6. In a time when every word from the Army needs to be carefully measured, what does the Brigadier mean by saying that the Army wants to return “national security” (or Guyana) “back to the point where it was before the disappearance” of the weapons, knowing well that “national security” has been under threat since 2001, if not before?

7. Does the Brigadier think that the noticeable silence from the PNCR on the grave Army lapse would historically affect the image of the Army, given that historians would interpret this as evidence of a supposed collusion between the Army and PNCR interests?

8. In similar light, is the Brigadier concerned that in a racially polarized nation, at least half of the public now regards the true motive for Joint Services raids, as a campaign against certain Indian businessmen (e.g., Roger Khan), a bogus search for guns? Take, for example, the Stabroek News cartoon (dated 04/02/06) in which the Police Commissioner is depicted as stompin’ over the city while a rodent-like smuggler carrying his bag of weapons, watches bemused and says: “An I done move out long time…hee hee.”

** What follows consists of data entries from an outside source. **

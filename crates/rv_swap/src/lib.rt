//! One exchanger: at most one request waits at it, and the next one that arrives meets it.
//!
//! ```
//! let mut swap = Swap::new();
//! match swap.arrive(duty) {
//!     SwapOutcome::Met(earlier, later) => settle_both(earlier, later),
//!     SwapOutcome::Parked => {}
//! }
//! ```
#![tactic(auto)]

mod swap;

pub use swap::{Swap, SwapOutcome, SwapTry};
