//! Which states a machine can resume from, their laws, and the test of one in memory.

mod clients;
mod finding;
pub mod laws;
mod parts;
mod sides;
mod snapshot;
mod suits;

pub use snapshot::Snapshot;
pub use suits::suits_call;
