//! The laws of what waits in a state to resume from.

pub mod laws;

Commissioner of Police Winston Felix 

U.G, Bachelor’s Degree in the Social Sciences (Public Management)

9. Does it matter to the Chief of Staff that the raid on the home of an Indian PNCR MP is being seen NOT as a mistake, but as an Army-Police ploy to counter the aforementioned popular belief?

10. How high up the mountain has the trail led thus far? In other words, is any senior Army figure being protected from investigation, given that it is rather suspicious that at the very least, no senior Army official has been held for such an historic and colossal blunder?